VATICAN CITY (CNS) — During times of freedom or persecution, the Gospel is needed to bring meaning, fullness and hope to life, Pope Francis said.

Speaking about his Sept. 22-25 visit to Lithuania, Latvia and Estonia, the pope said he visited these Baltic nations as they celebrated the 100th anniversary of their declarations of independence.

However, during these past 100 years, these countries have experienced “the yoke of occupation,” beginning with the Nazis and then the Soviet Union, the pope said at his general audience in St. Peter’s Square Sept. 26.

During his visit, the pope paid homage to the Jewish victims of the Holocaust in Lithuania, which saw more than 95 percent of its Jewish population murdered, and he visited a former Soviet KGB headquarters that is now a museum dedicated to victims of genocide, foreign occupations and political resistance.

“I stopped in prayer in the rooms where opponents of the regime were detained, tortured and killed. They killed 40 people, more or less, a night,” he said, noting how upsetting it was to see how cruel human beings could be. “Let us think about that.”

The situation in Lithuania, Latvia and Estonia is very different now compared to when St. John Paul II visited in 1993, “therefore, my mission was to newly proclaim to these people the joy of the Gospel and the revolution of mercy, of tenderness because freedom (by itself) is not enough to give meaning and fullness to life without love, the love that comes from God.”
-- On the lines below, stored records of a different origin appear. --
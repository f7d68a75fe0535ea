//! What is kept of the steps of a run.
ghost use Rattle.std.specs.Prelude.{◌≡◌, ◌++◌, ◌∷◌, [], List, OnErr, OnOk};
ghost use Rattle.mr_event.specs.Footprint.{Footprint as FootprintOf};
ghost use Rattle.mr_run.specs.Records.{HasRoom};

use mr_event::{Footprint, OutOfMemory};

/// What takes the footprint of each step that completes, in order. The caller of a run chooses by type what is kept of
/// its steps.
pub trait Record {
    /// Whether this is what is kept of steps with these footprints.
    ghost keeps: { Self → List FootprintOf → Type 0 };

    /// Takes the footprint of the next step. An `Err` is for want of memory, and leaves what is kept as it was.
    fn keep(&mut self, foot: &Footprint) -> Result<(), OutOfMemory>
        requires { HasRoom (keeps self.old) }
        ensures ok { (steps : List FootprintOf) → keeps self.old steps
            → OnOk result (keeps self.new (steps ++ foot.now ∷ [])) }
        ensures err { (steps : List FootprintOf) → keeps self.old steps → OnErr result (keeps self.new steps) };
}

/// Keeps nothing: for a caller that asks where the run ends, and for a run of one thread, which has no race.
#[derive(Clone, Copy, Debug)]
pub struct Nothing;

impl Record for Nothing {
    ghost keeps = { λ _ _. Unit {0} };

    fn keep(&mut self, _foot: &Footprint) -> Result<(), OutOfMemory> {
        Ok(())
    }
}

// The footprints are kept.
impl Record for Vec<Footprint> {
    ghost keeps = { λ kept steps. kept.items ≡ steps };

    fn keep(&mut self, foot: &Footprint) -> Result<(), OutOfMemory> {
        foot.push_to(self)
    }
}
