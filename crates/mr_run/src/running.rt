//! The run of a program under a schedule, and one step of it.
ghost use Rattle.std.specs.Prelude.{◌≡◌, ◌+◌, ◌++◌, ◌^◌, ◌<◌, ◌≤◌, [], List, OnErr, OnOk, false, length};
ghost use Rattle.mr_event.specs.Footprint.{Footprint as FootprintOf};
ghost use Rattle.mr_step.specs.PlanRuns.{feet};
ghost use Rattle.mr_step.specs.StartRuns.{steps_of};
ghost use Rattle.mr_step.specs.ThreadSteps.{thread_step};
ghost use Rattle.mr_run.specs.Records.{HasRoom};
ghost use Rattle.mr_run.specs.Runs.{EntriesAnswer, EntryAnswer, HasPlace, RunAnswer, foot_by};

use crate::fault::{RunFault, at_place};
use crate::keeping::Record;
use mr_sched::{Entry, Schedule};
use mr_step::{Machine, StepFault};
use mr_typing::Checked;
use std::alloc::Global;

/// The run of a program under a schedule: the machine behind its last entry, and in `kept` what is kept of its steps;
/// or the first rule that the schedule breaks.
pub fn run<'p, R: Record>(
    alloc: Global,
    p: &'p Checked,
    w: &Schedule,
    kept: &mut R,
) -> Result<Machine<'p>, RunFault>
    requires few { length w.now.entries ≤ 2 ^ 22 }
    requires none { R.keeps kept.old [] }
    ensures answer { RunAnswer p.now w.now result }
    ensures place { HasPlace w.now result }
    ensures kept { OnOk result (R.keeps kept.new (steps_of p.now w.now)) }
{
    let mut machine = match Machine::start(alloc, p, w.start.as_slice()) {
        Ok(machine) => machine,
        Err(fault) => return Err(at_place(2, fault)),
    };
    match run_entries(&mut machine, w.entries.as_slice(), kept) {
        Ok(()) => Ok(machine),
        Err(fault) => Err(fault),
    }
}

// Steps by each entry. The first has place 3.
fn run_entries<R: Record>(
    machine: &mut Machine<'_>,
    entries: &[Entry],
    kept: &mut R,
) -> Result<(), RunFault>
    requires working { machine.old.failed ≡ false }
    requires completed { machine.old.config.completed + length entries.now < 2 ^ 32 }
    requires few { length entries.now ≤ 2 ^ 22 }
    requires none { R.keeps kept.old [] }
    ensures answer { EntriesAnswer entries.now machine.old machine.new result }
    ensures kept { OnOk result
        (R.keeps kept.new (feet (thread_step machine.old.look) machine.old.config entries.now)) }
{
    let mut place = 3;
    for entry in entries {
        match step(machine, entry, kept) {
            Ok(()) => place += 1,
            Err(fault) => return Err(at_place(place, fault)),
        }
    }
    Ok(())
}

/// The step of an entry, whose footprint is kept where it completes; or the rule that the entry breaks, and then
/// nothing changes.
pub fn step<R: Record>(
    machine: &mut Machine<'_>,
    entry: &Entry,
    kept: &mut R,
) -> Result<(), StepFault>
    requires working { machine.old.failed ≡ false }
    requires completed { machine.old.config.completed < 2 ^ 32 }
    requires room { HasRoom (R.keeps kept.old) }
    ensures answer { EntryAnswer entry.now machine.old machine.new result }
    ensures kept { (steps : List FootprintOf) → R.keeps kept.old steps
        → OnOk result (R.keeps kept.new (steps ++ foot_by entry.now machine.old)) }
    ensures err { (steps : List FootprintOf) → R.keeps kept.old steps → OnErr result (R.keeps kept.new steps) }
{
    let before = machine.completed();
    match machine.go(entry) {
        Ok(_) => {}
        Err(fault) => return Err(fault),
    }
    if machine.completed() == before {
        return Ok(());
    }
    match machine.last() {
        Some(foot) => match kept.keep(foot) {
            Ok(()) => Ok(()),
            Err(_) => Err(StepFault::Memory),
        },
        None => unreachable!(),
    }
}
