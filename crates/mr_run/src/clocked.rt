//! The footprints of a run with their clocks and races.
ghost use Rattle.std.specs.Prelude.{◌≡◌, ◌+◌, ◌<◌, ◌^◌, ◌++◌, ◌∷◌, [], OnErr, OnOk, length, vec_capacity, vec_len};
ghost use Rattle.mr_event.specs.Predicted.{pair_with};
ghost use Rattle.mr_run.specs.Records.{AreAnalysed};

use crate::keeping::Record;
use mr_clocks::Analysis;
use mr_event::{Footprint, OutOfMemory, Pair};
use std::alloc::Global;
use std::marker::Model;

/// Keeps the footprints, and beside them the clocks of their steps and the races that they show so far. Contracts see
/// it as the footprints.
#[derive(Drop)]
pub struct Clocked {
    steps: Vec<Footprint>,
    order: Analysis,
    races: Vec<Pair>,
}

impl Model for Clocked {
    ghost use Rattle.std.specs.Prelude.{List};
    ghost use Rattle.mr_event.specs.Footprint.{Footprint as FootprintOf};
    ghost use Rattle.mr_run.specs.Records.{AreAnalysed};

    ghost Value = { List FootprintOf };

    ghost view = { λ c. c.steps.items };

    ghost invariant = { λ c. AreAnalysed c.steps.items c.order c.races.items };
}

impl Clocked {
    ghost use Rattle.std.specs.Prelude.{◌≡◌, []};
    ghost use Rattle.mr_clocks.specs.Tracked.{Tracks};
    ghost use Rattle.mr_event.specs.Predicted.{predicted};

    /// No footprint.
    pub fn new(alloc: Global) -> Clocked
        ensures { result ≡ [] }
    {
        Clocked {
            steps: Vec::new(alloc),
            order: Analysis::new(alloc),
            races: Vec::new(alloc),
        }
    }

    /// The footprints.
    pub fn steps(&self) -> &[Footprint]
        ensures { result.now ≡ self.now }
    {
        self.steps.as_slice()
    }

    /// The races that the steps show: each step that has a partner, with its greatest one, by rising second step.
    pub fn races(&self) -> &[Pair]
        ensures { result.now ≡ predicted self.now }
    {
        self.races.as_slice()
    }

    /// What happens before what.
    pub fn order(&self) -> &Analysis
        ensures { Tracks result.now self.now }
    {
        &self.order
    }
}

// The pair of a step and its partner, where it has one, joins others.
fn note(races: &mut Vec<Pair>, partner: Option<usize>, second: usize)
    requires { vec_len races.old < vec_capacity races.old }
    ensures { races.new.items ≡ races.old.items ++ pair_with partner second }
{
    if let Some(first) = partner {
        races.push_reserved(Pair { first, second });
    }
}

// A step joins others, and what is known of it what is known of them. It takes its memory before it changes anything
// that it doesn't take back.
fn join(
    steps: &mut Vec<Footprint>,
    order: &mut Analysis,
    races: &mut Vec<Pair>,
    foot: &Footprint,
) -> Result<(), OutOfMemory>
    requires analysed { AreAnalysed steps.old.items order.old races.old.items }
    requires few { length steps.old.items + 1 < 2 ^ 32 }
    ensures analysed { AreAnalysed steps.new.items order.new races.new.items }
    ensures ok { OnOk result (steps.new.items ≡ steps.old.items ++ foot.now ∷ []) }
    ensures err { OnErr result (steps.new.items ≡ steps.old.items) }
{
    races.reserve(1)?;
    foot.push_to(steps)?;
    match order.add(steps.as_slice()) {
        Ok(partner) => {
            let last = steps.len() - 1;
            note(races, partner, last);
            Ok(())
        }
        Err(fault) => {
            steps.pop();
            Err(fault)
        }
    }
}

impl Record for Clocked {
    ghost keeps = { λ kept steps. kept ≡ steps };

    fn keep(&mut self, foot: &Footprint) -> Result<(), OutOfMemory> {
        join(&mut self.steps, &mut self.order, &mut self.races, foot)
    }
}
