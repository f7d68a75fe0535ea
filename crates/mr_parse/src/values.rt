//! Values and places.
ghost use Rattle.std.specs.Prelude.{◌≡◌, codes, true, false, IfOk};
ghost use Rattle.mr_ast.specs.Forms.{Part};
ghost use Rattle.mr_ast.specs.Writing.{ThePlace, TheType, TheValue, giving, num_form, u64_form, ◌▪◌, ◌◂◌};
ghost use Rattle.mr_ast.specs.ValueGrammar.{base_form, begins_postfix, deref_form, global_value_form, judged_value, more_values_form, postfix_form, postfixes_form, value_behind, with_postfix};
ghost use Rattle.mr_parse.specs.ReaderGives.{Gives};
ghost use Rattle.mr_grammar.specs.Insides.{begins_with_type, is_bracketed, value_inside};
ghost use Rattle.mr_grammar.specs.Reading.{first_at, is_next, read, read_outside, read_part};
ghost use Rattle.mr_parse.specs.Postfixes.{indexed, postfix_of, with_all};

use crate::reader::{Reader, beside, pushed};
use mr_ast::{
    BinaryOp, Boxed, Bracket, FnName, GlobalName, Items, LocalName, MAX_OPEN, Num, Place, Role, Ty,
    Value, ValueWord,
};
use mr_words::{
    EXPOSED, ReadFault, Scope, TOO_DEEP, TOO_MANY, UNEXPECTED, is_exposed, value_word_of,
};
use std::alloc::{AllocError, Global};

// What stands behind a place and makes another of it.
#[derive(Drop)]
enum Postfix {
    Field(u64),
    Index(Value),
    Variant(Num),
}

// Whether brackets stand behind the first word of a value.
fn is_bracketed(word: ValueWord) -> bool
    ensures { result ≡ is_bracketed word }
{
    match word {
        ValueWord::Int(_)
        | ValueWord::True
        | ValueWord::False
        | ValueWord::Raw
        | ValueWord::Fn
        | ValueWord::Global => false,
        _ => true,
    }
}
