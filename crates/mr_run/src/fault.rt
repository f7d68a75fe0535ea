//! Why a run was not taken to its end.
ghost use Rattle.std.specs.Prelude.{◌≡◌};
ghost use Rattle.mr_run.specs.Runs.{placed};

use mr_base::AllocId;
use mr_step::StepFault;

/// Why a run was not taken to its end.
#[derive(Clone, Copy, Debug, PartialEq, Eq)]
pub enum RunFault {
    /// The schedule breaks the rule with this code (60 to 68) at this place, and no rule before that: the start has
    /// place 2, and the first entry place 3. For 64 `earlier` is the allocation whose range is overlapped, the least by
    /// thread and then by count.
    Broken {
        place: u32,
        code: u8,
        earlier: Option<AllocId>,
    },
    /// Memory ran out.
    Memory,
}

/// The fault of a start or a step, at its place.
pub fn at_place(place: u32, fault: StepFault) -> RunFault
    ensures { result ≡ placed place fault }
{
    match fault {
        StepFault::BadEntry { code, earlier } => RunFault::Broken {
            place,
            code,
            earlier,
        },
        StepFault::Memory | StepFault::Failed => RunFault::Memory,
    }
}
During difficult, trying times, he said, the Gospel “gives strength and enlivens the struggle for freedom.”

During times of freedom, he added, the Gospel “is the light” showing the way for people’s daily journey, and it is “the salt” giving ordinary life flavor and preserving it from “the corruption of mediocrity and selfishness.”

A strong sign of the Gospel being alive is seeing concrete works of charity, he said.

Even where secularization has hit hardest, the pope said, “God speaks with the language of love, of care, of selfless service to those who are in need. And then hearts open up and miracles happen. In deserts, new life blooms.”